====== TASK INPUTS

//! Text that is collected and then sent in large pieces.

ghost use Rattle.std.specs.Prelude.{◌≡◌, ◌≤◌, ◌+◌, ◌*◌, ◌++◌, [], length, ◌∷◌, OnOk, IfOk};
ghost use Rattle.std.specs.Fmt.{decimal};
ghost use Rattle.hex.specs.Hex.{encode_lower};
ghost use Rattle.pgpipe_base.specs.Outbox.{body_text, line_of, most_collected, Puts};

use crate::hexadecimal::write_hexadecimal;
use pg_wire::{LinkFault, Sink};
use std::alloc::{AllocError, Global};
use std::marker::Model;

/// The most bytes that are collected before they are sent.
pub const ROOM: usize = 65_536;

// The most bytes before a line's hexadecimal: a name of 7 letters, a number of 10 digits, and a space after each.
const LONGEST_HEAD: usize = 7 + 1 + 10 + 1;

/// Sends all the bytes. Where the sink fails, a prefix of them was sent.
pub fn send_all<K: Sink>(bytes: &[u8], sink: &mut K) -> Result<(), LinkFault>
    ensures { Puts K.takes K.failures bytes.now sink.old [] result [] sink.new }
{
    pg_wire::send_all(bytes, sink)
}

/// Sends all that stands in a buffer, and empties it. Where the sink fails, a prefix of it was sent.
pub fn send<K: Sink>(buf: &mut Vec<u8>, sink: &mut K) -> Result<(), LinkFault>
    ensures puts { Puts K.takes K.failures buf.old.items sink.old [] result buf.new.items sink.new }
    ensures nothing_left { OnOk result (buf.new.items ≡ []) }
{
    send_all(buf.as_slice(), sink)?;
    buf.clear();
    Ok(())
}

/// Collects text, and sends it in large pieces. Only `new` takes memory.
#[derive(Drop)]
pub struct Outbox {
    buf: Vec<u8>,
    filled: usize,
}

impl Model for Outbox {
    ghost use Rattle.std.specs.Prelude.{◌≡◌, ◌≤◌, ℕ, List, take, vec_len};
    ghost use Rattle.pgpipe_base.specs.Outbox.{most_collected};

    ghost Value = { List ℕ };

    ghost view = { λ o. take o.filled o.buf.items };

    ghost invariant = { λ o. (o.filled ≤ most_collected) × (vec_len o.buf ≡ most_collected) };
}

impl Outbox {
    /// An outbox in which nothing is collected. It fails where memory runs out.
    pub fn new(alloc: Global) -> Result<Outbox, AllocError>
        ensures { IfOk result (λ o. o ≡ []) }
    {
        Ok(Outbox {
            buf: vec![in alloc; 0; ROOM]?,
            filled: 0,
        })
    }

    /// What is collected and not sent yet.
    pub fn collected(&self) -> &[u8]
        ensures { result.now ≡ self.now }
    {
        &self.buf[..self.filled]
    }

    /// Sends all that was collected. Where the sink fails, a prefix of it was sent.
    pub fn flush<K: Sink>(&mut self, sink: &mut K) -> Result<(), LinkFault>
        ensures puts { Puts K.takes K.failures self.old sink.old [] result self.new sink.new }
        ensures nothing_left { OnOk result (self.new ≡ []) }
    {
        send_all(&self.buf[..self.filled], sink)?;
        self.filled = 0;
        Ok(())
    }

    // Sends what was collected, unless there is room for so many bytes.
    fn make_room<K: Sink>(&mut self, size: usize, sink: &mut K) -> Result<(), LinkFault>
        requires { size ≤ most_collected }
        ensures puts { Puts K.takes K.failures self.old sink.old [] result self.new sink.new }
        ensures room { OnOk result (length self.new + size ≤ most_collected) }
    {
        if ROOM - self.filled < size {
            return self.flush(sink);
        }
        Ok(())
    }

    // Collects bytes for which there is room.
    fn put(&mut self, bytes: &[u8])
        requires { length self.old + length bytes.now ≤ most_collected }
        ensures { self.new ≡ self.old ++ bytes.now }
    {
        let end = self.filled + bytes.len();
        self.buf[self.filled..end].copy_from_slice(bytes);
        self.filled = end;
    }

    // Collects bytes in hexadecimal, for which there is room.
    fn put_hexadecimal(&mut self, bytes: &[u8])
        requires { length self.old + 2 * length bytes.now ≤ most_collected }
        ensures { self.new ≡ self.old ++ encode_lower bytes.now }
    {
        let end = self.filled + 2 * bytes.len();
        write_hexadecimal(bytes, &mut self.buf[self.filled..end]);
        self.filled = end;
    }

    // How many bytes more can be collected.
    fn room(&self) -> usize
        ensures { result + length self.now ≡ most_collected }
    {
        ROOM - self.filled
    }

    // Puts bytes in hexadecimal, however many.
    fn put_all<K: Sink>(&mut self, bytes: &[u8], sink: &mut K) -> Result<(), LinkFault>
        ensures { Puts K.takes K.failures self.old sink.old
            (encode_lower bytes.now) result self.new sink.new }
    {
        let mut rest = bytes;
        while !rest.is_empty() {
            self.make_room(2, sink)?;
            let (now, later) = rest.split_at(rest.len().min(self.room() / 2));
            self.put_hexadecimal(now);
            rest = later;
        }
        Ok(())
    }

    // Puts bytes, or a mark for none.
    fn put_body<K: Sink>(&mut self, bytes: &[u8], sink: &mut K) -> Result<(), LinkFault>
        ensures { Puts K.takes K.failures self.old sink.old
            (body_text bytes.now) result self.new sink.new }
    {
        if bytes.is_empty() {
            self.make_room(1, sink)?;
            self.put(b"-");
            return Ok(());
        }
        self.put_all(bytes, sink)
    }

    // Puts what stands before the bytes: the name and the length.
    fn put_head<K: Sink>(&mut self, name: &[u8], size: u32, sink: &mut K) -> Result<(), LinkFault>
        requires { length name.now ≤ 7 }
        ensures { Puts K.takes K.failures self.old sink.old (name.now ++ (32 ∷ []) ++ decimal size
            ++ (32 ∷ [])) result self.new sink.new }
    {
        let mut digits = itoa::Buffer::new();
        self.make_room(LONGEST_HEAD, sink)?;
        self.put(name);
        self.put(b" ");
        self.put(digits.format(size).as_bytes());
        self.put(b" ");
        Ok(())
    }

    // Sends what was collected, and a text after it.
    fn send_after<K: Sink>(&mut self, text: &[u8], sink: &mut K) -> Result<(), LinkFault>
        ensures puts { Puts K.takes K.failures self.old sink.old text.now result self.new sink.new }
        ensures within { OnOk result (length self.new ≤ most_collected) }
    {
        self.flush(sink)?;
        send_all(text, sink)
    }

    // Puts a text that isn't longer than there may be room for.
    fn put_within<K: Sink>(&mut self, text: &[u8], sink: &mut K) -> Result<(), LinkFault>
        requires { length text.now ≤ most_collected }
        ensures puts { Puts K.takes K.failures self.old sink.old text.now result self.new sink.new }
        ensures within { OnOk result (length self.new ≤ most_collected) }
    {
        self.make_room(text.len(), sink)?;
        self.put(text);
        Ok(())
    }

    /// Puts a text, however long. Where the sink fails, a prefix of what was collected and of the text was sent.
    pub fn put_text<K: Sink>(&mut self, text: &[u8], sink: &mut K) -> Result<(), LinkFault>
        ensures puts { Puts K.takes K.failures self.old sink.old text.now result self.new sink.new }
        ensures within { OnOk result (length self.new ≤ most_collected) }
    {
        if text.len() > ROOM {
            self.send_after(text, sink)
        } else {
            self.put_within(text, sink)
        }
    }

    /// Puts the line for a name, a length and bytes. Where the sink fails, a prefix of what was collected and of the line was sent.
    pub fn put_line<K: Sink>(
        &mut self,
        name: &[u8],
        size: u32,
        bytes: &[u8],
        sink: &mut K,
    ) -> Result<(), LinkFault>
        requires { length name.now ≤ 7 }
        ensures puts { Puts K.takes K.failures self.old sink.old
            (line_of name.now size bytes.now) result self.new sink.new }
        ensures within { OnOk result (length self.new ≤ most_collected) }
    {
        self.put_head(name, size, sink)?;
        self.put_body(bytes, sink)?;
        self.make_room(1, sink)?;
        self.put(b"\n");
        Ok(())
    }
}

============

- _AIM OF THE TASK_:
When copying the data above, keep every line exactly as written.

- _YOUR RESPONSE_:
//! Text that is collected and then sent in large pieces.

ghost use Rattle.std.specs.Prelude.{◌≡◌, ◌≤◌, ◌+◌, ◌*◌, ◌++◌, [], length, ◌∷◌, OnOk, IfOk};
ghost use Rattle.std.specs.Fmt.{decimal};
ghost use Rattle.hex.specs.Hex.{encode_lower};
ghost use Rattle.pgpipe_base.specs.Outbox.{body_text, line_of, most_collected, Puts};

use crate::hexadecimal::write_hexadecimal;
use pg_wire::{LinkFault, Sink};
use std::alloc::{AllocError, Global};
use std::marker::Model;

/// The most bytes that are collected before they are sent.
pub const ROOM: usize = 65_536;

// The most bytes before a line's hexadecimal: a name of 7 letters, a number of 10 digits, and a space after each.
const LONGEST_HEAD: usize = 7 + 1 + 10 + 1;

/// Sends all the bytes. Where the sink fails, a prefix of them was sent.
pub fn send_all<K: Sink>(bytes: &[u8], sink: &mut K) -> Result<(), LinkFault>
    ensures { Puts K.takes K.failures bytes.now sink.old [] result [] sink.new }
{
    pg_wire::send_all(bytes, sink)
}

/// Sends all that stands in a buffer, and empties it. Where the sink fails, a prefix of it was sent.
pub fn send<K: Sink>(buf: &mut Vec<u8>, sink: &mut K) -> Result<(), LinkFault>
    ensures puts { Puts K.takes K.failures buf.old.items sink.old [] result buf.new.items sink.new }
    ensures nothing_left { OnOk result (buf.new.items ≡ []) }
{
    send_all(buf.as_slice(), sink)?;
    buf.clear();
    Ok(())
}

/// Collects text, and sends it in large pieces. Only `new` takes memory.
#[derive(Drop)]
pub struct Outbox {
    buf: Vec<u8>,
    filled: usize,
}

impl Model for Outbox {
    ghost use Rattle.std.specs.Prelude.{◌≡◌, ◌≤◌, ℕ, List, take, vec_len};
    ghost use Rattle.pgpipe_base.specs.Outbox.{most_collected};

    ghost Value = { List ℕ };

    ghost view = { λ o. take o.filled o.buf.items };

    ghost invariant = { λ o. (o.filled ≤ most_collected) × (vec_len o.buf ≡ most_collected) };
}

impl Outbox {
    /// An outbox in which nothing is collected. It fails where memory runs out.
    pub fn new(alloc: Global) -> Result<Outbox, AllocError>
        ensures { IfOk result (λ o. o ≡ []) }
    {
        Ok(Outbox {
            buf: vec![in alloc; 0; ROOM]?,
            filled: 0,
        })
    }

    /// What is collected and not sent yet.
    pub fn collected(&self) -> &[u8]
        ensures { result.now ≡ self.now }
    {
        &self.buf[..self.filled]
    }

    /// Sends all that was collected. Where the sink fails, a prefix of it was sent.
    pub fn flush<K: Sink>(&mut self, sink: &mut K) -> Result<(), LinkFault>
        ensures puts { Puts K.takes K.failures self.old sink.old [] result self.new sink.new }
        ensures nothing_left { OnOk result (self.new ≡ []) }
    {
        send_all(&self.buf[..self.filled], sink)?;
        self.filled = 0;
        Ok(())
    }

    // Sends what was collected, unless there is room for so many bytes.
    fn make_room<K: Sink>(&mut self, size: usize, sink: &mut K) -> Result<(), LinkFault>
        requires { size ≤ most_collected }
        ensures puts { Puts K.takes K.failures self.old sink.old [] result self.new sink.new }
        ensures room { OnOk result (length self.new + size ≤ most_collected) }
    {
        if ROOM - self.filled < size {
            return self.flush(sink);
        }
        Ok(())
    }

    // Collects bytes for which there is room.
    fn put(&mut self, bytes: &[u8])
        requires { length self.old + length bytes.now ≤ most_collected }
        ensures { self.new ≡ self.old ++ bytes.now }
    {
        let end = self.filled + bytes.len();
        self.buf[self.filled..end].copy_from_slice(bytes);
        self.filled = end;
    }

    // Collects bytes in hexadecimal, for which there is room.
    fn put_hexadecimal(&mut self, bytes: &[u8])
        requires { length self.old + 2 * length bytes.now ≤ most_collected }
        ensures { self.new ≡ self.old ++ encode_lower bytes.now }
    {
        let end = self.filled + 2 * bytes.len();
        write_hexadecimal(bytes, &mut self.buf[self.filled..end]);
        self.filled = end;
    }

    // How many bytes more can be collected.
    fn room(&self) -> usize
        ensures { result + length self.now ≡ most_collected }
    {
        ROOM - self.filled
    }

    // Puts bytes in hexadecimal, however many.
    fn put_all<K: Sink>(&mut self, bytes: &[u8], sink: &mut K) -> Result<(), LinkFault>
        ensures { Puts K.takes K.failures self.old sink.old
            (encode_lower bytes.now) result self.new sink.new }
    {
        let mut rest = bytes;
        while !rest.is_empty() {
            self.make_room(2, sink)?;
            let (now, later) = rest.split_at(rest.len().min(self.room() / 2));
            self.put_hexadecimal(now);
            rest = later;
        }
        Ok(())
    }

    // Puts bytes, or a mark for none.
    fn put_body<K: Sink>(&mut self, bytes: &[u8], sink: &mut K) -> Result<(), LinkFault>
        ensures { Puts K.takes K.failures self.old sink.old
            (body_text bytes.now) result self.new sink.new }
    {
        if bytes.is_empty() {
            self.make_room(1, sink)?;
            self.put(b"-");
            return Ok(());
        }
        self.put_all(bytes, sink)
    }

    // Puts what stands before the bytes: the name and the length.
    fn put_head<K: Sink>(&mut self, name: &[u8], size: u32, sink: &mut K) -> Result<(), LinkFault>
        requires { length name.now ≤ 7 }
        ensures { Puts K.takes K.failures self.old sink.old (name.now ++ (32 ∷ []) ++ decimal size
            ++ (32 ∷ [])) result self.new sink.new }
    {
        let mut digits = itoa::Buffer::new();
        self.make_room(LONGEST_HEAD, sink)?;
        self.put(name);
        self.put(b" ");
        self.put(digits.format(size).as_bytes());
        self.put(b" ");
        Ok(())
    }

    // Sends what was collected, and a text after it.
    fn send_after<K: Sink>(&mut self, text: &[u8], sink: &mut K) -> Result<(), LinkFault>
        ensures puts { Puts K.takes K.failures self.old sink.old text.now result self.new sink.new }
        ensures within { OnOk result (length self.new ≤ most_collected) }
    {
        self.flush(sink)?;
        send_all(text, sink)
    }

    // Puts a text that isn't longer than there may be room for.
    fn put_within<K: Sink>(&mut self, text: &[u8], sink: &mut K) -> Result<(), LinkFault>
        requires { length text.now ≤ most_collected }
        ensures puts { Puts K.takes K.failures self.old sink.old text.now result self.new sink.new }
        ensures within { OnOk result (length self.new ≤ most_collected) }
    {
        self.make_room(text.len(), sink)?;
        self.put(text);
        Ok(())
    }

    /// Puts a text, however long. Where the sink fails, a prefix of what was collected and of the text was sent.
    pub fn put_text<K: Sink>(&mut self, text: &[u8], sink: &mut K) -> Result<(), LinkFault>
        ensures puts { Puts K.takes K.failures self.old sink.old text.now result self.new sink.new }
        ensures within { OnOk result (length self.new ≤ most_collected) }
    {
        if text.len() > ROOM {
            self.send_after(text, sink)
        } else {
            self.put_within(text, sink)
        }
    }

    /// Puts the line for a name, a length and bytes. Where the sink fails, a prefix of what was collected and of the line was sent.
    pub fn put_line<K: Sink>(
        &mut self,
        name: &[u8],
        size: u32,
        bytes: &[u8],
        sink: &mut K,
    ) -> Result<(), LinkFault>
        requires { length name.now ≤ 7 }
        ensures puts { Puts K.takes K.failures self.old sink.old
            (line_of name.now size bytes.now) result self.new sink.new }
        ensures within { OnOk result (length self.new ≤ most_collected) }
    {
        self.put_head(name, size, sink)?;
        self.put_body(bytes, sink)?;
        self.make_room(1, sink)?;
        self.put(b"\n");
        Ok(())
    }
}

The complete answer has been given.